Data excerpts

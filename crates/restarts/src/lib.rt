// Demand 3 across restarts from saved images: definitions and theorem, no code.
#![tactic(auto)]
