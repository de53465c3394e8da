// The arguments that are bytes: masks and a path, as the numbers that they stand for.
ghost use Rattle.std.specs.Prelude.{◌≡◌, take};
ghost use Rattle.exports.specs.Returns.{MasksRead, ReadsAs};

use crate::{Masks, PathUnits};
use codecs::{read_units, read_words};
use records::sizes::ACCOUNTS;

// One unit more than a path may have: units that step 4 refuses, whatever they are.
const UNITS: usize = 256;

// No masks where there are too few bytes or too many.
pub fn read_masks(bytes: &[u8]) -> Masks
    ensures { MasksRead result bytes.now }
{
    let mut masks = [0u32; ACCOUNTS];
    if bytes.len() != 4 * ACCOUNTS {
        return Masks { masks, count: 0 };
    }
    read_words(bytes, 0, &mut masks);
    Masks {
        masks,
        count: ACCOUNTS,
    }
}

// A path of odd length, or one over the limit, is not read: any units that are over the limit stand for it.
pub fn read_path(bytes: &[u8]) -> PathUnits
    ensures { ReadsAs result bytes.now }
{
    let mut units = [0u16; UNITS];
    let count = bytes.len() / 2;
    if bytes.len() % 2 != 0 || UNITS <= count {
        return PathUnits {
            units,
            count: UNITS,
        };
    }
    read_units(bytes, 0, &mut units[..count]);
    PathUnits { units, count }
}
---
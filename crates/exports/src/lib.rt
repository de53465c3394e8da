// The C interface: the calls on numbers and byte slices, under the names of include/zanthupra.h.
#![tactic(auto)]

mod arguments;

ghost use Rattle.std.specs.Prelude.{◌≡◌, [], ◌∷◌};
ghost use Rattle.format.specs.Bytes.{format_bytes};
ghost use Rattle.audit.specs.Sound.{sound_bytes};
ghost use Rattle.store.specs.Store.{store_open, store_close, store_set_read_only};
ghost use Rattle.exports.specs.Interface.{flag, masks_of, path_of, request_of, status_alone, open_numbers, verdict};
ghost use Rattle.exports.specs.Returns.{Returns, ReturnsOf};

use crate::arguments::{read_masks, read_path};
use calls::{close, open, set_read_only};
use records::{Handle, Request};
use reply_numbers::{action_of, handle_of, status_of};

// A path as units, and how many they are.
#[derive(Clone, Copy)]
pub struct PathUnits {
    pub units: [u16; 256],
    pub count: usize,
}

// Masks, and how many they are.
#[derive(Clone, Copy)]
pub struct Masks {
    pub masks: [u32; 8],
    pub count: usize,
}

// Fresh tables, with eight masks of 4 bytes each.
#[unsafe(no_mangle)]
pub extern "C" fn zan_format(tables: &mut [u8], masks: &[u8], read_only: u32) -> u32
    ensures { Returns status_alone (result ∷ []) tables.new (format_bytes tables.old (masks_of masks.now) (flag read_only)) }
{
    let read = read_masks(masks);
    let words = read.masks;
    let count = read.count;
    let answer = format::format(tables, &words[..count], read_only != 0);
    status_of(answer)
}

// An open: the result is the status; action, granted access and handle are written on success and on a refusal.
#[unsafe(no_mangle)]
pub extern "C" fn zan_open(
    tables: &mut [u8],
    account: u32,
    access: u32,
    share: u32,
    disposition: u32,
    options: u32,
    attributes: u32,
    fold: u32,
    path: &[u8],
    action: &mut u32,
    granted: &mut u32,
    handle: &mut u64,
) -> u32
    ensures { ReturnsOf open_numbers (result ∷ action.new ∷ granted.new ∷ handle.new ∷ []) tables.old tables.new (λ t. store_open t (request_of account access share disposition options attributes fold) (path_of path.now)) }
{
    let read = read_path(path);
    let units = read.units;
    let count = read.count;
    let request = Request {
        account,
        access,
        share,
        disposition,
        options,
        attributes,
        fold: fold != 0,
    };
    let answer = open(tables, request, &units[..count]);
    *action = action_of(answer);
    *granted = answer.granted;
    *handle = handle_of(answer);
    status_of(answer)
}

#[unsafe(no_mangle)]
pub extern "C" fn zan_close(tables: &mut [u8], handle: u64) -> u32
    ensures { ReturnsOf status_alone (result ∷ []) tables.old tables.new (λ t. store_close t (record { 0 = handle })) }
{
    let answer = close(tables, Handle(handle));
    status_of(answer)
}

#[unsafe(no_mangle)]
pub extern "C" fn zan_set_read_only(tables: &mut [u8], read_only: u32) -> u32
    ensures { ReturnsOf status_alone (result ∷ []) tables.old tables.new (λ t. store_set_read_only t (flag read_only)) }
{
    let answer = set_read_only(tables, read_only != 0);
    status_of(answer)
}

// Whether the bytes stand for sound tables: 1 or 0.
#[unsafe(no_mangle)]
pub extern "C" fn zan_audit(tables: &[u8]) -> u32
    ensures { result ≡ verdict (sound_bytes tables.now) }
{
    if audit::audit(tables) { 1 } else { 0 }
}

-- PROBLEM TO SOLVE --
After locating the line holding "pub masks: [u32;" above, output exactly that line and every line after it through the line holding "let read = read_masks(masks);". Include nothing else.

-- SOLVED PROBLEM --
    pub masks: [u32; 8],
    pub count: usize,
}

// Fresh tables, with eight masks of 4 bytes each.
#[unsafe(no_mangle)]
pub extern "C" fn zan_format(tables: &mut [u8], masks: &[u8], read_only: u32) -> u32
    ensures { Returns status_alone (result ∷ []) tables.new (format_bytes tables.old (masks_of masks.now) (flag read_only)) }
{
    let read = read_masks(masks);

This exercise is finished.